THERE IS NO EMAIL !!!! No, it's not in inbox, spam or trash. App tells me nothing. Yeah, I'll call support, but WTF?


----------



## FormerTaxiDriver♧ (Apr 5, 2018)

kdyrpr said:


> THERE IS NO EMAIL !!!! No, it's not in inbox, spam or trash. App tells me nothing. Yeah, I'll call support, but WTF?


You're fired


----------



## Tony73 (Oct 12, 2016)




----------



## Uber's Guber (Oct 22, 2017)




----------



## Mash Ghasem (Jan 12, 2020)

kdyrpr said:


> THERE IS NO EMAIL !!!! No, it's not in inbox, spam or trash. App tells me nothing. Yeah, I'll call support, but WTF?

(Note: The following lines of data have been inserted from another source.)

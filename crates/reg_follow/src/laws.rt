// What the answers of desks over lines are. The law costs nothing at run time.
ghost use Rattle.std.specs.Prelude.{List, ℕ};
ghost use Rattle.reg_records.specs.declared.record.Read.{Read};
ghost use Rattle.reg_follow.specs.Following.{AnswersAreOfFirstLines, Following, HasTaken, list_of};

use crate::serving::FollowDesk;
use reg_feed::{Copies, FeedName};
use reg_intake::first_records_are_of_first_lines;
use reg_node::{Draw, Taken};
use reg_service::Desk;
use reg_set::records_are_ordered;

/// States that a desk answers each query as the log of the first n lines does, for some n that is
/// no less than that of the prefix which the desk had seen.
///
/// Each prefix of the list holds the records of the first n lines for some n, and a longer prefix
/// those of no fewer lines.
pub fn answers_are_of_first_lines<M: FeedName<Draw, Taken>, U: Copies<Draw, Taken, M>>()
    ensures { (text : List ℕ) (read : List Read) (s : Following) → HasTaken text read s
        → AnswersAreOfFirstLines ⟦<FollowDesk<M, U> as Desk>⟧.asks read (list_of s) }
{
    records_are_ordered();
    first_records_are_of_first_lines();
}
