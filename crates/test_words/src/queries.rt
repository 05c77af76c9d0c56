// Queries in words.
use crate::words::{parts_of, schema_of, scope_of, subject_in_words, version_in, version_of};
use reg_lookup::Query;
use std::alloc::Global;
use test_tools::{CaseError, Said, cut, small_of};

/// A query on a schema's text.
fn text_query(alloc: Global, kind: &str, switch: bool, words: &str) -> Said<Query> {
    let (subject, rest) = cut(words);
    let subject = subject_in_words(alloc, subject)?;
    if kind == "lookup" {
        return Ok(Query::Lookup {
            subject,
            text: schema_of(alloc, rest)?,
            deleted: switch,
        });
    }
    let (word, behind) = cut(rest);
    let (version, text) = match version_in(word) {
        Ok(version) => (version, behind),
        Err(_) => (None, rest),
    };
    Ok(Query::Check {
        subject,
        version,
        text: schema_of(alloc, text)?,
        verbose: switch,
    })
}

/// A query on a version.
fn version_query(alloc: Global, kind: &str, deleted: bool, words: &str) -> Said<Query> {
    let (subject, version) = cut(words);
    let (subject, version) = (subject_in_words(alloc, subject)?, version_of(version)?);
    match kind {
        "version" => Ok(Query::Version {
            subject,
            version,
            deleted,
        }),
        "version_schema" => Ok(Query::VersionSchema {
            subject,
            version,
            deleted,
        }),
        _ => Err(CaseError::NotUnderstood),
    }
}

/// The query of those words.
pub fn query_in_words(alloc: Global, words: &str) -> Said<Query> {
    let (kind, switch, rest) = parts_of(words);
    match kind {
        "schema" => Ok(Query::SchemaById {
            id: small_of(rest)?,
        }),
        "id_versions" => Ok(Query::IdVersions {
            id: small_of(rest)?,
            deleted: switch,
        }),
        "subjects" => Ok(Query::Subjects { deleted: switch }),
        "versions" => Ok(Query::Versions {
            subject: subject_in_words(alloc, rest)?,
            deleted: switch,
        }),
        "level" => Ok(Query::Level {
            subject: scope_of(alloc, rest)?,
            default_global: switch,
        }),
        "mode" => Ok(Query::Mode {
            subject: scope_of(alloc, rest)?,
            default_global: switch,
        }),
        "lookup" | "check" => text_query(alloc, kind, switch, rest),
        _ => version_query(alloc, kind, switch, rest),
    }
}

I'm curious... so what was the outcome?


----------



## NicFit (Jan 18, 2020)

You have to make the bite marks not look like bite marks, that’s eats 101, always pull a piece and make it look like you didn’t take a bite. Gotta be creative and pull and smush it so it looks natural. Customers tend to notice jagged half moons as bite marks, they might be dim wits but not that dim. Once they reactivate you make sure you get better in covering your sampling


----------



## NauticalWheeler (Jun 15, 2019)

Can't deliver packages with your scrotum pole hanging out or these emails will eventually come.


----------



## NicFit (Jan 18, 2020)

Oh, this was flex and not eats? Still the same deal, gotta make sure the packages still look kinda sealed next time, only remove part of what was in the package so they think the shipper screwed it up, if you have something kinda the same put your old item in the box, then they think they shipped a used item. Just make sure the box just doesn’t disappear, that how they figure out it was you


----------



## kdyrpr (Apr 23, 2016)

Upshot. It had to do with not filling out the online form concerning taxes...that's it. On a side note: My first whole foods delivery since March was quite lucrative. Two hour block. $82 with tips. 30 miles total. LOVE IT !


----------